In quella conferenza stampa di giugno, i rappresentanti di Medici senza frontiere avevano riferito dei bombardamenti subiti dalle loro strutture ospedaliere con vittime tra i pazienti e il personale sanitario. Proprio per farsi carico di questa responsabilità morale e politica è stata centrale, in quella sede, la testimonianza del Comitato formatosi nel maggio 2017 in territorio sardo per una riconversione economica capace di andare oltre il ricatto occupazionale di una fabbrica di bombe collocata in una zona martoriata dalla crisi.
Nella denuncia del prestigioso quotidiano Usa, controllato da 120 anni dalla famiglia Ochs-Sulzbergers, si mettono in evidenza rigorosamente i fatti, assieme alle dichiarazioni di due parlamentari sardi di opposizione, Cotti (M5S) e Pili (Unidos), e sullo sfondo, le immagini di manifestanti isolati davanti ai muri della fabbrica italiana di proprietà del gruppo tedesco Rheinmetal.

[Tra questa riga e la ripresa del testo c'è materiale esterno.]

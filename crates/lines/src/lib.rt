//! Reads a line, as `(revise 0 1 92 (1000))`, as a call or as the opening of a book.
#![tactic(auto)]

mod arguments;
pub mod form;
pub mod lists;
pub mod read;
mod values;
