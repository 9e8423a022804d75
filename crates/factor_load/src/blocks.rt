// The matrix's blocks into the envelope, a block to two rows.
ghost use Rattle.std.specs.Prelude.{◌≡◌, ℕ, ◌*◌, ◌≤◌, ◌<◌, length};
ghost use Rattle.matrix_shape.specs.Rows.{at};
ghost use Rattle.factor_load.specs.Load.{beside_of, corner_of, slot_into, slots_into, row_into, Spot, Slot, Loads};

use matrix_shape::pattern::Pattern;
use plan_fits::plan::Plan;
use plane::Block;

// The two rows of position i: both start at column `low`, at the places `upper` and `lower`.
#[derive(Clone, Copy)]
struct Rows {
    i: usize,
    low: usize,
    upper: usize,
    lower: usize,
}

// A block left of the diagonal.
#[tactic(auto, unfolding(crate::specs::Load::beside_of))]
fn beside(block: Block, up: usize, down: usize, values: &mut [f32])
    requires { Spot up down (length values.old) }
    ensures { values.new ≡ beside_of block up down values.old }
{
    values[up] = block[0][0];
    values[up + 1] = block[1][0];
    values[down] = block[0][1];
    values[down + 1] = block[1][1];
}

// A block on the diagonal, without its upper right entry. One function with `beside` would be no plainer: it would ask at one write of the four.
#[tactic(auto, unfolding(crate::specs::Load::corner_of))]
fn corner(block: Block, up: usize, down: usize, values: &mut [f32])
    requires { Spot up down (length values.old) }
    ensures { values.new ≡ corner_of block up down values.old }
{
    values[up] = block[0][0];
    values[down] = block[0][1];
    values[down + 1] = block[1][1];
}

// Slot k of a block row.
#[tactic(auto, unfolding(crate::specs::Load::slot_into))]
fn slot(cols: &[u32], blocks: &[f32], inv_perm: &[u32], rows: Rows, k: usize, values: &mut [f32])
    requires { Slot cols.now blocks.now inv_perm.now rows.i rows.low rows.upper rows.lower (length values.old) k }
    ensures { values.new ≡ slot_into (at cols.now) blocks.now (at inv_perm.now) rows.i rows.low rows.upper rows.lower k
        values.old }
{
    let c = law::wide(cols[k]);
    let j = law::wide(inv_perm[c]);
    if rows.i < j {
        return;
    }
    let off = 2 * j - rows.low;
    let block = vectors::inner::block_at(blocks, k);
    if j < rows.i {
        beside(block, rows.upper + off, rows.lower + off, values);
        return;
    }
    corner(block, rows.upper + off, rows.lower + off, values);
}

// The slots a..b of a block row, by number: it picks both the column and the block.
#[tactic(auto, unfolding(crate::specs::Load::slots_into), using(law::proofs::Loop::over_none, law::proofs::Loop::over_turn, law::proofs::Loop::over_done))]
fn slots(
    cols: &[u32],
    blocks: &[f32],
    inv_perm: &[u32],
    a: usize,
    b: usize,
    rows: Rows,
    values: &mut [f32],
)
    requires a_le_b { a ≤ b }
    requires by_index { (k : ℕ) → a ≤ k → k < b
        → Slot cols.now blocks.now inv_perm.now rows.i rows.low rows.upper rows.lower (length values.old) k }
    ensures { values.new ≡ slots_into (at cols.now) blocks.now (at inv_perm.now) rows.i rows.low rows.upper rows.lower a b
        values.old }
{
    for k in a..b {
        slot(cols, blocks, inv_perm, rows, k, values);
    }
}

// Block row r.
#[tactic(auto, unfolding(crate::specs::Load::row_into), using(crate::specs::Load::slot_of))]
pub fn row(pattern: &Pattern, blocks: &[f32], plan: &Plan, r: usize, values: &mut [f32])
    requires loads { Loads pattern.now.n pattern.now.row_offsets.now pattern.now.cols.now blocks.now
        plan.now.inv_perm.now plan.now.first.now plan.now.row_start.now }
    requires r_lt_n { (r < pattern.now.n) × (length values.old ≡ at plan.now.row_start.now (2 * pattern.now.n)) }
    ensures { values.new ≡ row_into (at pattern.now.row_offsets.now) (at pattern.now.cols.now) blocks.now
        (at plan.now.inv_perm.now) (at plan.now.first.now) (at plan.now.row_start.now) r values.old }
{
    let a = law::wide(pattern.row_offsets[r]);
    let b = law::wide(pattern.row_offsets[r + 1]);
    let i = law::wide(plan.inv_perm[r]);
    let row = 2 * i;
    let low = law::wide(plan.first[row]);
    let upper = law::wide(plan.row_start[row]);
    let lower = law::wide(plan.row_start[row + 1]);
    let rows = Rows {
        i,
        low,
        upper,
        lower,
    };
    slots(pattern.cols, blocks, plan.inv_perm, a, b, rows, values);
}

UNA RESISTENZA OSTINATA E PROPOSITIVA
Manca la notizia vera e cioè che esiste inaspettatamente una resistenza civile che cerca di costruire percorsi alternativi. Come è avvenuto il 19 luglio con l’intero consiglio comunale di Iglesias che si è dichiarata “città di pace” a favore di processi di riconversione economica del territorio. Come è avvenuto il 3 dicembre con un intera giornata di studio ad Iglesias a partire dagli obiettori alla produzione bellica, artefici della legge 185/90 che vieta l’invio di armi ai Paesi in guerra, per arrivare a una serie di proposte concrete da presentare, ad esempio, al progetto del Piano Sulcis varato dalla Regione Sardegna per lo sviluppo del territorio. Senza dimenticare l’importante contributo giuridico di Adriana Cosseddu, docente di diritto penale all’Università di Sassari, che ha evidenziato l’illiceità del transito di bombe verso i Paesi in guerra. Questione che è già oggetto di diversi esposti alla magistratura italiana. Anche se non si può tacere il ruolo del gruppo tedesco Rheinmetal dove, come ha reso noto Roberto Sedda di Banca etica, dal marzo del 2017 è entrato nel consiglio di amministrazione un ex ministro della Difesa di Berlino
Di questo percorso originale si farà portavoce Cinzia Guaita, del comitato riconversione Rwm, nell’intervento che farà il 31 dicembre alla marcia della pace numero 50 che quest’anno Pax Christi ha organizzato a Sotto il Monte, il paese bergamasco dove nacque nel 1881, in una famiglia di contadini, Angelo Roncalli, futuro Giovanni XXIII, il papa della Pacem in terris.
C’è molto di più da raccontare per chi ha orecchie da intendere.